Given these experimental data, levosimendan appears to be a highly promising drug to improve myocardial function during and after deep hypothermia, with a number of theoretical advantages over the commonly used epinephrine. The drug now needs to be evaluated in clinical studies, not just in DHCA but also for accidental hypothermia, in which rewarming is often complicated by major hemodynamic problems.
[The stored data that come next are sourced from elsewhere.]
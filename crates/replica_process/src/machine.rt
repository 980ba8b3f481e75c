//! A replica, as its process steps it.

use events::{Outputs, Stop};
use patience::Standing;
use std::alloc::Global;

/// A replica, as its process steps it: a state machine over frames and timeouts. What it holds fits its history.
pub trait Machine {
    ghost use Rattle.std.specs.Prelude.{◌≡◌, ℕ, List, IfOk};
    ghost use Rattle.protocol.specs.System.Configuration.{Configuration};
    ghost use Rattle.protocol.specs.System.Trace.{Entry};
    ghost use Rattle.protocol.specs.System.Trace.Entry.{Got, Tick};
    ghost use Rattle.protocol.specs.Replica.Owed.{IsPromptReplica};
    ghost use Rattle.events.specs.Outputs.{after_event, AreSentAsMeant};
    ghost use Rattle.patience.specs.Stands.{Stands};

    /// Its number among the parties.
    ghost me: { Self → ℕ };

    /// It runs, and holds what this history says.
    ghost fits: { Self → Configuration → List Entry → Type 0 };

    /// What it gives for a frame that came. At an error it is no more.
    fn got(&mut self, alloc: Global, frame: &[u8]) -> Result<Outputs, Stop>
        ensures me { me self.new ≡ me self.old }
        ensures leads { IfOk result (λ outs. (c : Configuration) (history : List Entry) → fits self.old c history
            → fits self.new c (after_event (me self.old) (Got (me self.old) frame.now) outs.items history)
            × AreSentAsMeant c (me self.old) outs.items) };

    /// What it gives at a timeout. At an error it is no more.
    fn time_out(&mut self, alloc: Global) -> Result<Outputs, Stop>
        ensures me { me self.new ≡ me self.old }
        ensures leads { IfOk result (λ outs. (c : Configuration) (history : List Entry) → fits self.old c history
            → fits self.new c (after_event (me self.old) (Tick (me self.old)) outs.items history)
            × AreSentAsMeant c (me self.old) outs.items) };

    /// What it waits for.
    fn standing(&self) -> Standing
        ensures { (c : Configuration) (history : List Entry) → fits self.now c history
            → Stands c (me self.now) history result };

    /// A history that fits is a correct replica's.
    ghost is_right: { (machine : Self) (c : Configuration) (history : List Entry) → fits machine c history
        → IsPromptReplica c (me machine) history };
}
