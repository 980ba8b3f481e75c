//! The replica of the protocol, as its process steps it.

use crate::machine::Machine;
use events::{Outputs, Stop};
use patience::Standing;
use replica::{Event, Replica};
use std::alloc::Global;

impl Machine for Replica {
    ghost use Rattle.std.specs.Prelude.{◌≡◌, false};
    ghost use Rattle.replica.specs.Fits.{Fits, me_of};
    ghost use Rattle.replica.specs.State.{has_stopped};
    ghost use Rattle.replica.proofs.Prompt.{replicas_are_prompt};

    ghost me = { me_of };

    ghost fits = { λ r c history. (has_stopped r ≡ false) × Fits c r history };

    fn got(&mut self, alloc: Global, frame: &[u8]) -> Result<Outputs, Stop> {
        self.step(alloc, Event::Got(frame))
    }

    fn time_out(&mut self, alloc: Global) -> Result<Outputs, Stop> {
        self.step(alloc, Event::Timeout)
    }

    fn standing(&self) -> Standing {
        match Replica::standing(self) {
            Some(standing) => standing,
            // One that has stopped waits for nothing.
            None => Standing {
                view: None,
                part: None,
                request: None,
            },
        }
    }

    ghost is_right = { λ r c history h. replicas_are_prompt c r history h.1 h.0 };
}
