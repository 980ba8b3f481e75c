//! Why the service ends.

use events::BadConfig;
use space_node::{CallFault, StartFault};
use std::alloc::AllocError;
use std::io;
use thiserror::Error;
use tuple_tree::{Refusal, Refused};

/// Why the service ends.
#[derive(Debug, Drop, Error)]
pub enum Fault {
    #[error("the configuration is refused")]
    Configuration,
    /// The cluster has no handle of this client any more.
    #[error("no such client")]
    NoClient,
    /// The name and the holder make no tuple of up to 1,024 bytes.
    #[error("a name is too long")]
    TooLong,
    #[error("a call was not answered: {0}")]
    Call(CallFault),
    /// The operation can't have this answer.
    #[error("another answer than was asked for")]
    Answer,
    /// The journal has another history of a party than the party itself.
    #[error("the cluster did not finish")]
    NotFinished,
    #[error("no thread could be started")]
    NoThread,
    #[error("out of memory")]
    NoMemory,
    #[error("not written: {0}")]
    Write(io::Error),
}

impl From<BadConfig> for Fault {
    fn from(_fault: BadConfig) -> Fault {
        Fault::Configuration
    }
}

impl From<StartFault> for Fault {
    fn from(fault: StartFault) -> Fault {
        match fault {
            StartFault::BadConfig => Fault::Configuration,
            StartFault::NoThread => Fault::NoThread,
            StartFault::NoMemory => Fault::NoMemory,
        }
    }
}

impl From<CallFault> for Fault {
    fn from(fault: CallFault) -> Fault {
        Fault::Call(fault)
    }
}

impl<T: Drop> From<Refused<T>> for Fault {
    fn from(refused: Refused<T>) -> Fault {
        match refused.refusal {
            Refusal::NoMemory => Fault::NoMemory,
            _ => Fault::TooLong,
        }
    }
}

impl From<AllocError> for Fault {
    fn from(_failed: AllocError) -> Fault {
        Fault::NoMemory
    }
}

impl From<io::Error> for Fault {
    fn from(error: io::Error) -> Fault {
        Fault::Write(error)
    }
}
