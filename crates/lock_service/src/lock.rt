//! A lock in a tuple space.
//!
//! A held lock is a tuple, `("lock" NAME HOLDER)`. A client that wants it puts the tuple by one `cas`, unless one of
//! that name is there: so of all clients that ask at once one gets it. The holder lets go by taking its own tuple
//! away.

ghost use Rattle.std.specs.Prelude.{IfOk};
ghost use Rattle.lock_service.specs.Answers.{Swapped, Taken};

use crate::fault::Fault;
use journal::Naming;
use space_node::ClientHandle;
use std::alloc::Global;
use std::sync::Wait;
use tuple_codec::{Answer, Op};
use tuple_tree::{Atom, Field, Template, Tuple, Value};

/// A lock by its name, which is short enough for a tuple of 1,024 bytes.
#[derive(Clone, Copy)]
pub struct Lock<'a> {
    name: &'a str,
}

impl<'a> Lock<'a> {
    /// The lock of this name.
    pub fn new(name: &'a str) -> Lock<'a> {
        Lock { name }
    }

    /// Whether the client got the lock for this holder. Nobody else holds it then, until the holder lets go.
    ///
    /// # Errors
    ///
    /// The call was not answered, the names are too long for a tuple, or memory ran out.
    pub fn acquire<N: Naming, R: Wait>(
        self,
        rt: &R,
        alloc: Global,
        client: &mut ClientHandle<N>,
        holder: &str,
    ) -> Result<bool, Fault>
        ensures { IfOk result (λ got. Swapped client.old got client.new) }
    {
        let op = Op::Cas(self.of_anyone(alloc)?, self.held_by(alloc, holder)?);
        match client.call(rt, alloc, op)? {
            Answer::Swapped(got) => Ok(got),
            _ => Err(Fault::Answer),
        }
    }

    /// Whether this holder had the lock, and let it go.
    ///
    /// # Errors
    ///
    /// As of [`Lock::acquire`].
    pub fn release<N: Naming, R: Wait>(
        self,
        rt: &R,
        alloc: Global,
        client: &mut ClientHandle<N>,
        holder: &str,
    ) -> Result<bool, Fault>
        ensures { IfOk result (λ had. Taken client.old had client.new) }
    {
        let own = template_of(alloc, &["lock", self.name, holder])?;
        let op = Op::Inp(own);
        match client.call(rt, alloc, op)? {
            Answer::Found(_tuple) => Ok(true),
            Answer::Absent => Ok(false),
            _ => Err(Fault::Answer),
        }
    }

    // ("lock" NAME HOLDER)
    fn held_by(self, alloc: Global, holder: &str) -> Result<Tuple<Global>, Fault> {
        let mut tuple = Tuple::new_in(alloc);
        put_values(alloc, &["lock", self.name, holder], &mut tuple)?;
        Ok(tuple)
    }

    // ("lock" NAME *)
    fn of_anyone(self, alloc: Global) -> Result<Template<Global>, Fault> {
        let mut template = template_of(alloc, &["lock", self.name])?;
        template.push(Field::Any)?;
        Ok(template)
    }
}

// The template of these texts.
fn template_of(alloc: Global, words: &[&str]) -> Result<Template<Global>, Fault> {
    let mut template = Template::new_in(alloc);
    put_fields(alloc, words, &mut template)?;
    Ok(template)
}

fn put_values(alloc: Global, words: &[&str], tuple: &mut Tuple<Global>) -> Result<(), Fault> {
    for word in words {
        tuple.push(Value::Atom(text(alloc, word)?))?;
    }
    Ok(())
}

fn put_fields(alloc: Global, words: &[&str], template: &mut Template<Global>) -> Result<(), Fault> {
    for word in words {
        template.push(Field::Actual(text(alloc, word)?))?;
    }
    Ok(())
}

fn text(alloc: Global, word: &str) -> Result<Atom<Global>, Fault> {
    Ok(Atom::Text(String::from_str(alloc, word)?))
}
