//! Why a process ends before its input does.

ghost use Rattle.std.specs.Prelude.{◌≡◌};
ghost use Rattle.replica_process.specs.declared.fault.ServeFault.TheVariants as faults;
ghost use Rattle.replica_process.specs.Faults.{serve_fault_of};

use events::Stop;
use records::PutFault;
use std::io;
use terms::NoMemory;
use thiserror::Error;

/// Why a process ends before its input does.
#[derive(Debug, Drop, Error)]
pub enum ServeFault {
    /// There was no memory for a step, or for what it gave.
    #[error("out of memory")]
    NoMemory,
    /// No record has room for a frame. No replica makes such a frame.
    #[error("no record has room for a frame")]
    TooLarge,
    #[error("not read: {0}")]
    Read(io::Error),
    #[error("not written: {0}")]
    Write(io::Error),
}

impl ServeFault {
    ghost use Rattle.std.specs.Prelude.{◌↔◌, IsTrue};
    ghost use Rattle.replica_process.specs.Texts.{IsWriteFault};

    /// Whether writing failed.
    pub(crate) fn is_of_writing(&self) -> bool
        ensures { IsTrue result ↔ IsWriteFault self.now }
    {
        match self {
            ServeFault::NoMemory => false,
            ServeFault::TooLarge => false,
            ServeFault::Read(_) => false,
            ServeFault::Write(_) => true,
        }
    }
}

impl From<NoMemory> for ServeFault {
    ghost from_gives = { λ _ fault. fault ≡ faults.NoMemory };

    fn from(_failed: NoMemory) -> ServeFault {
        ServeFault::NoMemory
    }
}

impl From<Stop> for ServeFault {
    ghost from_gives = { λ _ fault. fault ≡ faults.NoMemory };

    fn from(_stop: Stop) -> ServeFault {
        ServeFault::NoMemory
    }
}

impl From<PutFault> for ServeFault {
    ghost from_gives = { λ put fault. fault ≡ serve_fault_of put };

    fn from(fault: PutFault) -> ServeFault {
        match fault {
            PutFault::TooLarge => ServeFault::TooLarge,
            PutFault::NoMemory => ServeFault::NoMemory,
        }
    }
}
Given the mechanisms outlined above, hemodynamic effects of hypothermia can be hard to predict. Moderate hypothermia (30 to 34°C), induced under controlled conditions (euvolemia, preventing discomfort through sedation or other means, preserving normal serum electrolyte levels), will usually decrease heart rate, reduce risk of arrhythmias, markedly improve systolic function, and induce mild diastolic dysfunction. Under optimal conditions, the diastolic dysfunction has only minimal effects on myocardial performance, and the overall effect of cooling will be an improvement in myocardial contractility, increase in stroke volume, reduction in cardiac output (CO) because of the decrease in heart rate, and stabilization or slight increase in blood pressure [7]. Indeed, several clinical studies have reported the successful use of hypothermia to treat refractory cardiac shock [7]. The balance between metabolic supply and demand improves because the decrease in metabolic demand (7% to 10% per °C decrease in core temperature) exceeds the drop in CO [7].

However, under different conditions (especially the presence of tachycardia), myocardial contractility may be adversely affected even under moderate hypothermia [7]. Several studies have shown that increasing heart rate under normothermic conditions improves myocardial contractility and CO but that increasing heart rate under hypothermic conditions decreases myocardial contractility [7, 15]. There is also a dichotomy in temperature effect on heart rhythm: membrane stabilization and decreased risk of arrhythmias with moderate hypothermia, increased risk of arrhythmias with deep hypothermia (<28°C) [7].

The results of the study by Rungatscher and colleagues [1] for deep hypothermia suggest that levosimendan could potentially also be used to reverse the mild diastolic dysfunction that occurs in many patients during moderate hypothermia. However, it is too early to recommend the use of this promising drug outside the context of clinical trials.